Habitat for Humanity partnered with a 3D printing company Alquist to build the 1,200-square-foot, three-bedroom home. The work time was reduced due to the innovative technology. Construction crews began printing the house’s concrete walls in July, saving about 15% on building costs in the process.

The exterior and interior walls of the home were printed in just 12 hours. This step reduced the standard construction time by at least four weeks.

The new home has three bedrooms and two bathrooms and was built from concrete.

Using concrete for the walls instead of lumber meant saving on the costs. In the US, lumber prices have risen 50 per cent since the pandemic began. April’s future bills will be also lower as concrete retains temperature more effectively than wood, saving on heating and cooling costs.

In addition, the walls are more resistant to tornado and hurricane damage. The home will be outfitted with solar panels for even more cost savings after the family moves in.

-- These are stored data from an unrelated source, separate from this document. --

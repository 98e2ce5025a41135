//! What a seat is answered whatever the seats of another customer ask, by streams and by lists.
use std::alloc::{AllocError, Global};
use std::test::Fail;
use test_fixtures::conversations::devices::{ACME, BOLT};
use test_fixtures::conversations::{Exchange, exchanges};
use test_fixtures::numbered::numbered;
use test_fixtures::samples::SITE;
use test_support::conversation::{first_difference_of, in_turns};
use test_support::keepers::{Fresh, KeeperCase, over_each, over_memory};
use test_support::lists::first_difference_in_list;

/// The orders in which the requests of two seats can come, of each conversation alone and of both.
pub const TURNS: &[&str] = &[
    "aaaa", "bbbb", "aaabbbab", "aababbab", "aabbabab", "aabbbaab", "abaabbab", "abababab",
    "ababbaab", "abbaabab", "abbabaab", "abbbaaab", "baaabbab", "baababab", "baabbaab", "babaabab",
    "bababaab", "babbaaab", "bbaaabab", "bbaabaab", "bbabaaab", "bbbaaaab",
];

/// One map that both customers import, and a device of each that is registered under it: what each
/// shows of it is its own, and neither has the other's.
const SHARED_MAP: &str = r#"
a1 POST /v1/map {"nr":1,"text":"$MAP"}
200 {"map":"$DIGEST"}
b1 POST /v1/map {"nr":1,"text":"$MAP"}
200 {"map":"$DIGEST"}
a1 POST /v1/order {"nr":2,"name":"o1","issuer":"acme-ca","prefix":"A","width":3,"first":998,"quantity":2,"macs":0}
200 {"first":998,"issuer":"acme-ca","mac":null,"macs":0,"name":"o1","next":"A998","not_before":null,
  "prefix":"A","quantity":2,"width":3}
b1 POST /v1/order {"nr":2,"name":"o1","issuer":"bolt-ca","prefix":"B","width":3,"first":998,"quantity":2,"macs":0}
200 {"first":998,"issuer":"bolt-ca","mac":null,"macs":0,"name":"o1","next":"B998","not_before":null,
  "prefix":"B","quantity":2,"width":3}
a1 POST /v1/device {"nr":3,"chip":"00000000000a","order":"o1","map":"$DIGEST","blocks":<>}
200 {"bits":[],"chip":"00000000000a","keys":{},"map":"$DIGEST","order":"o1",
  "pending":{"batch1":$NONE,"batch2":$NONE},"reason":null,"serial":null,"state":"registered"}
b1 POST /v1/device {"nr":3,"chip":"00000000000b","order":"o1","map":"$DIGEST","blocks":<3.7=80000000>}
200 {"bits":[{"block":3,"mask":"80000000","word":7}],"chip":"00000000000b","keys":{},
  "map":"$DIGEST","order":"o1","pending":{"batch1":$NONE,"batch2":$NONE},"reason":null,
  "serial":null,"state":"registered"}
a1 GET /v1/device?chip=00000000000a
200 {"bits":[],"chip":"00000000000a","keys":{},"map":"$DIGEST","order":"o1",
  "pending":{"batch1":$NONE,"batch2":$NONE},"reason":null,"serial":null,"state":"registered"}
b1 GET /v1/device?chip=00000000000b
200 {"bits":[{"block":3,"mask":"80000000","word":7}],"chip":"00000000000b","keys":{},
  "map":"$DIGEST","order":"o1","pending":{"batch1":$NONE,"batch2":$NONE},"reason":null,
  "serial":null,"state":"registered"}
a1 GET /v1/device?chip=00000000000b
404 {"error":"unknown_device","no":15}
b1 GET /v1/device?chip=00000000000a
404 {"error":"unknown_device","no":15}
"#;

/// How many orders a customer may have.
const ORDER_LIMIT: u64 = 4096;

/// An order of acme's, in which `#` stands for its number.
const NUMBERED: &str = r#"
a1 POST /v1/order {"nr":#,"name":"o#","issuer":"acme-ca","prefix":"A#","width":1,"first":0,"quantity":1,"macs":0}
200 {"first":0,"issuer":"acme-ca","mac":null,"macs":0,"name":"o#","next":"A#0","not_before":null,
  "prefix":"A#","quantity":1,"width":1}
"#;

/// The order that is one too many.
const ONE_MORE: &str = r#"
a1 POST /v1/order {"nr":4097,"name":"o4097","issuer":"acme-ca","prefix":"A4097","width":1,"first":0,"quantity":1,"macs":0}
409 {"error":"limit","no":40}
"#;

/// The first order of bolt's.
const FIRST_OF_BOLT: &str = r#"
b1 POST /v1/order {"nr":1,"name":"o1","issuer":"bolt-ca","prefix":"A1","width":1,"first":0,"quantity":1,"macs":0}
200 {"first":0,"issuer":"bolt-ca","mac":null,"macs":0,"name":"o1","next":"A10","not_before":null,
  "prefix":"A1","quantity":1,"width":1}
"#;

/// The conversation in which acme makes as many orders as a customer may have, each of a name and of
/// serial numbers of its own, and is refused one more.
fn orders_to_the_limit(alloc: Global) -> Result<String, AllocError> {
    let mut conversation = numbered(alloc, NUMBERED, "#", 1, ORDER_LIMIT + 1)?;
    conversation.push_str(ONE_MORE)?;
    Ok(conversation)
}

/// Holds a conversation in both ways: what differs first.
fn first_in_conversation<K: Fresh>(alloc: Global, conversation: &str) -> Result<String, Fail> {
    let exchanges = exchanges(alloc, conversation)?;
    first_of_both_ways::<K>(alloc, exchanges.as_slice())
}

/// Bolt's first order, over a keeper without rows and then over another behind all of acme's orders.
struct BesideOrders;

impl KeeperCase for BesideOrders {
    fn first_difference<K: Fresh>(&self, alloc: Global) -> Result<String, Fail> {
        let found = first_in_conversation::<K>(alloc, FIRST_OF_BOLT)?;
        if !found.is_empty() {
            return Ok(found);
        }
        let mut conversation = orders_to_the_limit(alloc)?;
        conversation.push_str(FIRST_OF_BOLT)?;
        first_in_conversation::<K>(alloc, conversation.as_str())
    }
}

/// Makes exchanges over a keeper without rows, a stream for each, and by one list over another: what
/// differs first.
fn first_of_both_ways<K: Fresh>(alloc: Global, exchanges: &[Exchange<'_>]) -> Result<String, Fail> {
    let found = first_difference_of(alloc, &mut K::fresh(alloc)?, exchanges)?;
    if !found.is_empty() {
        return Ok(found);
    }
    let found = first_difference_in_list(alloc, &mut K::fresh(alloc)?, SITE, exchanges)?;
    if found.is_empty() {
        return Ok(found);
    }
    Ok(format!(in alloc; "in a list: {found}")?)
}

/// The two seats' conversations in turns.
#[derive(Drop)]
struct InTurns {
    turns: &'static str,
}

impl KeeperCase for InTurns {
    fn first_difference<K: Fresh>(&self, alloc: Global) -> Result<String, Fail> {
        let exchanges = in_turns(alloc, ACME, BOLT, self.turns)?;
        first_of_both_ways::<K>(alloc, exchanges.as_slice())
    }
}

/// Both customers import one map.
struct SharedMap;

impl KeeperCase for SharedMap {
    fn first_difference<K: Fresh>(&self, alloc: Global) -> Result<String, Fail> {
        first_in_conversation::<K>(alloc, SHARED_MAP)
    }
}

/// Three requests of each of two seats in each of the twenty orders in which they can come, and then
/// both ledgers, in streams and in a list: each seat gets the replies that it gets alone.
#[test]
fn seats_are_served_as_if_alone(rt: HostRuntime) -> Result<(), Fail> {
    for turns in TURNS {
        let found = over_each(rt.alloc(), &InTurns { turns: *turns })?;
        assert_eq!(rt; found.as_str(), "", "{turns}");
    }
    Ok(())
}

/// A customer with as many orders as it may have is refused one more, and another's first order gets
/// the reply that it gets in an empty store.
#[test]
fn orders_to_the_limit_leave_another_customer_alone(rt: HostRuntime) -> Result<(), Fail> {
    assert_eq!(rt; over_memory(rt.alloc(), &BesideOrders)?.as_str(), "");
    Ok(())
}

/// Two customers import one text and get one digest, and each has devices under it.
#[test]
fn maps_may_be_shared(rt: HostRuntime) -> Result<(), Fail> {
    assert_eq!(rt; over_each(rt.alloc(), &SharedMap)?.as_str(), "");
    Ok(())
}
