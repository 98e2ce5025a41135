//! The conversations by their subjects, each over a keeper without rows of either kind.
use std::alloc::Global;
use std::test::Fail;
use test_fixtures::conversations::beginnings::BEGINNINGS;
use test_fixtures::conversations::devices::DEVICES;
use test_fixtures::conversations::edges::EDGES;
use test_fixtures::conversations::identities::IDENTITIES;
use test_fixtures::conversations::maps::MAPS;
use test_fixtures::conversations::orders::ORDERS;
use test_fixtures::conversations::plans::PLANS;
use test_fixtures::conversations::reports::REPORTS;
use test_support::conversation::first_difference;
use test_support::keepers::{Fresh, KeeperCase, over_each};

/// Conversations by their names, each over a keeper without rows.
#[derive(Drop)]
struct Conversations {
    table: &'static [(&'static str, &'static str)],
}

impl KeeperCase for Conversations {
    fn first_difference<K: Fresh>(&self, alloc: Global) -> Result<String, Fail> {
        for row in self.table {
            let mut keep = K::fresh(alloc)?;
            let found = first_difference(alloc, &mut keep, row.1)?;
            if !found.is_empty() {
                return Ok(format!(in alloc; "{}: {found}", row.0)?);
            }
        }
        Ok(String::new(alloc))
    }
}

/// Holds conversations over each keeper: what differs first.
fn first_of_each(
    alloc: Global,
    table: &'static [(&'static str, &'static str)],
) -> Result<String, Fail> {
    over_each(alloc, &Conversations { table })
}

/// The conversations about plans. This function alone names them: what names a text costs the prover half a
/// second for each thousand bytes of it.
pub fn plans() -> &'static [(&'static str, &'static str)] {
    PLANS
}

/// Each table of conversations has a test of its own, or few share one, since the prover sets a bound to all
/// the texts of one test.
#[test]
fn orders_get_their_replies(rt: HostRuntime) -> Result<(), Fail> {
    let found = first_of_each(rt.alloc(), ORDERS)?;
    assert_eq!(rt; found.as_str(), "");
    Ok(())
}

#[test]
fn beginnings_get_their_replies(rt: HostRuntime) -> Result<(), Fail> {
    let found = first_of_each(rt.alloc(), BEGINNINGS)?;
    assert_eq!(rt; found.as_str(), "");
    Ok(())
}

#[test]
fn maps_and_devices_get_their_replies(rt: HostRuntime) -> Result<(), Fail> {
    for table in &[MAPS, DEVICES] {
        let found = first_of_each(rt.alloc(), *table)?;
        assert_eq!(rt; found.as_str(), "");
    }
    Ok(())
}

#[test]
fn plans_and_read_backs_get_their_replies(rt: HostRuntime) -> Result<(), Fail> {
    let found = first_of_each(rt.alloc(), plans())?;
    assert_eq!(rt; found.as_str(), "");
    Ok(())
}

#[test]
fn identities_and_imports_get_their_replies(rt: HostRuntime) -> Result<(), Fail> {
    let found = first_of_each(rt.alloc(), IDENTITIES)?;
    assert_eq!(rt; found.as_str(), "");
    Ok(())
}

#[test]
fn reports_get_their_replies(rt: HostRuntime) -> Result<(), Fail> {
    let found = first_of_each(rt.alloc(), REPORTS)?;
    assert_eq!(rt; found.as_str(), "");
    Ok(())
}

#[test]
fn edges_get_their_replies(rt: HostRuntime) -> Result<(), Fail> {
    let found = first_of_each(rt.alloc(), EDGES)?;
    assert_eq!(rt; found.as_str(), "");
    Ok(())
}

The new house is equipped with its own 3D printer, so April will be able to print knobs, light switch covers and other replaceable parts if needed.

Habitat for Humanity Peninsula and Greater Williamsburg raised funds for the house with the help of sponsors, a community crowdfunding campaign and its charity golf tournament.

The only other 3D printed Habitat home is currently under construction in Tempe, Arizona.